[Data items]
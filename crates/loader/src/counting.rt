//! How many rows a CSV file has.
ghost use Rattle.std.specs.Prelude.{◌≡◌, ◌++◌, ◌∷◌, [], ◌<◌, ◌≤◌, ◌^◌, ℕ, List, length, take, drop, Some, None, MatchOption, IfOk, IfErr};
ghost use Rattle.csv.specs.declared.parser.State.TheVariants as st;
ghost use Rattle.csv.specs.Reading.{strip_bom};
ghost use Rattle.loader.specs.Counting.{GoesOn, Reads, records_left};
ghost use Rattle.loader.specs.Fault.{IsOutside};
ghost use Rattle.loader.specs.declared.fault.LoadFault.TheVariants.{Device};
ghost use Rattle.loader.specs.Source.{csv_records};

use crate::counted::Counted;
use crate::fault::LoadFault;
use std::alloc::Global;
use std::io::Read;
use std::mem::drop;

/// How many bytes are read at a time.
const BLOCK: usize = 65_536;

/// The next bytes into a block, and how many there are; none only at the end.
pub fn read_block<R: Read>(reader: &mut R, block: &mut [u8]) -> Result<usize, LoadFault>
    requires { 0 < length block.old }
    ensures length { length block.new ≡ length block.old }
    ensures within { IfOk result (λ n. n ≤ length block.new) }
    ensures read { IfOk result (λ n. (bytes : List ℕ) → R.remaining reader.old ≡ Some bytes
        → Reads (R.remaining reader.new) bytes (take n block.new)) }
    ensures returned { IfErr result (λ f. f ≡ Device) }
{
    match reader.read(block) {
        Ok(count) => Ok(count),
        Err(_) => Err(LoadFault::Device),
    }
}

/// The next byte, if there is one.
pub fn next_byte<R: Read>(reader: &mut R) -> Result<Option<u8>, LoadFault>
    ensures read { IfOk result (λ found. (bytes : List ℕ) → R.remaining reader.old ≡ Some bytes
        → MatchOption found (Reads (R.remaining reader.new) bytes [])
        (λ byte. Reads (R.remaining reader.new) bytes (byte ∷ []))) }
    ensures returned { IfErr result (λ f. f ≡ Device) }
{
    let mut one = [0u8];
    if read_block(reader, &mut one)? == 0 {
        return Ok(None);
    }
    Ok(Some(one[0]))
}

/// Behind the first two bytes of a byte order mark.
fn count_third<R: Read>(reader: &mut R) -> Result<Counted, LoadFault>
    ensures counted { IfOk result (λ counted. (bytes : List ℕ) → R.remaining reader.old ≡ Some bytes
        → GoesOn R.remaining reader.new
        (records_left st.StartRecord (strip_bom (0xEF ∷ 0xBB ∷ bytes))) counted) }
    ensures returned { IfErr result (λ f. f ≡ Device) }
{
    let Some(third) = next_byte(reader)? else {
        return Ok(Counted::of_front(&[0xEF, 0xBB]));
    };
    if third == 0xBF {
        return Ok(Counted::of_front(&[]));
    }
    Ok(Counted::of_front(&[0xEF, 0xBB, third]))
}

/// Behind the first byte of a byte order mark.
fn count_second<R: Read>(reader: &mut R) -> Result<Counted, LoadFault>
    ensures counted { IfOk result (λ counted. (bytes : List ℕ) → R.remaining reader.old ≡ Some bytes
        → GoesOn R.remaining reader.new (records_left st.StartRecord (strip_bom (0xEF ∷ bytes)))
        counted) }
    ensures returned { IfErr result (λ f. f ≡ Device) }
{
    let Some(second) = next_byte(reader)? else {
        return Ok(Counted::of_front(&[0xEF]));
    };
    if second != 0xBB {
        return Ok(Counted::of_front(&[0xEF, second]));
    }
    count_third(reader)
}

/// The first bytes, as far as they may be a byte order mark, which is passed over.
fn count_front<R: Read>(reader: &mut R) -> Result<Counted, LoadFault>
    ensures counted { IfOk result (λ counted. (bytes : List ℕ) → R.remaining reader.old ≡ Some bytes
        → GoesOn R.remaining reader.new (records_left st.StartRecord (strip_bom bytes)) counted) }
    ensures returned { IfErr result (λ f. f ≡ Device) }
{
    let Some(first) = next_byte(reader)? else {
        return Ok(Counted::of_front(&[]));
    };
    if first != 0xEF {
        return Ok(Counted::of_front(&[first]));
    }
    count_second(reader)
}

/// The records that were counted and those that are still to come. Bytes are read into `block`, one
/// block over another.
fn count_from<R: Read>(reader: &mut R, block: &mut [u8], start: Counted) -> Result<u64, LoadFault>
    requires room { 0 < length block.old }
    requires few { length block.old < 2 ^ 32 }
    ensures counted { (all : ℕ) → GoesOn R.remaining reader.old all start
        → IfOk result (λ n. n ≡ all) }
    ensures refused { IfErr result IsOutside }
{
    let mut counted = start;
    for _ in 0..u64::MAX {
        let filled = read_block(reader, block)?;
        if filled == 0 {
            return counted.at_end();
        }
        counted = counted.with_block(&block[..filled])?;
    }
    Err(LoadFault::Memory)
}

/// How many records a reader gives.
fn count_records<R: Read>(reader: &mut R, block: &mut [u8]) -> Result<u64, LoadFault>
    requires room { 0 < length block.old }
    requires few { length block.old < 2 ^ 32 }
    ensures counted { (bytes : List ℕ) → R.remaining reader.old ≡ Some bytes
        → IfOk result (λ n. n ≡ length (csv_records bytes)) }
    ensures refused { IfErr result IsOutside }
{
    let counted = count_front(reader)?;
    count_from(reader, block, counted)
}

fn count_in_blocks<R: Read>(alloc: Global, reader: &mut R) -> Result<u64, LoadFault>
    ensures counted { (bytes : List ℕ) → R.remaining reader.old ≡ Some bytes
        → IfOk result (λ n. n ≡ length (csv_records bytes)) }
    ensures refused { IfErr result IsOutside }
{
    let mut block = vec![in alloc; 0u8; BLOCK]?;
    let records = count_records(reader, &mut block);
    drop(block);
    records
}

/// How many records stand behind the first.
///
/// # Errors
///
/// Out of memory, or the reader's own.
pub fn count_rows<R: Read + Drop>(alloc: Global, mut reader: R) -> Result<u64, LoadFault>
    ensures counted { (bytes : List ℕ) → R.remaining reader ≡ Some bytes
        → IfOk result (λ n. n ≡ length (drop 1 (csv_records bytes))) }
    ensures refused { IfErr result IsOutside }
{
    let records = count_in_blocks(alloc, &mut reader);
    drop(reader);
    Ok(records?.saturating_sub(1))
}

### What to work on
Retype exactly the line with "let records = count_records(reader, &mut" and each line after it until the records end, and include no other line.

### Expected answer
    let records = count_records(reader, &mut block);
    drop(block);
    records
}

/// How many records stand behind the first.
///
/// # Errors
///
/// Out of memory, or the reader's own.
pub fn count_rows<R: Read + Drop>(alloc: Global, mut reader: R) -> Result<u64, LoadFault>
    ensures counted { (bytes : List ℕ) → R.remaining reader ≡ Some bytes
        → IfOk result (λ n. n ≡ length (drop 1 (csv_records bytes))) }
    ensures refused { IfErr result IsOutside }
{
    let records = count_in_blocks(alloc, &mut reader);
    drop(reader);
    Ok(records?.saturating_sub(1))
}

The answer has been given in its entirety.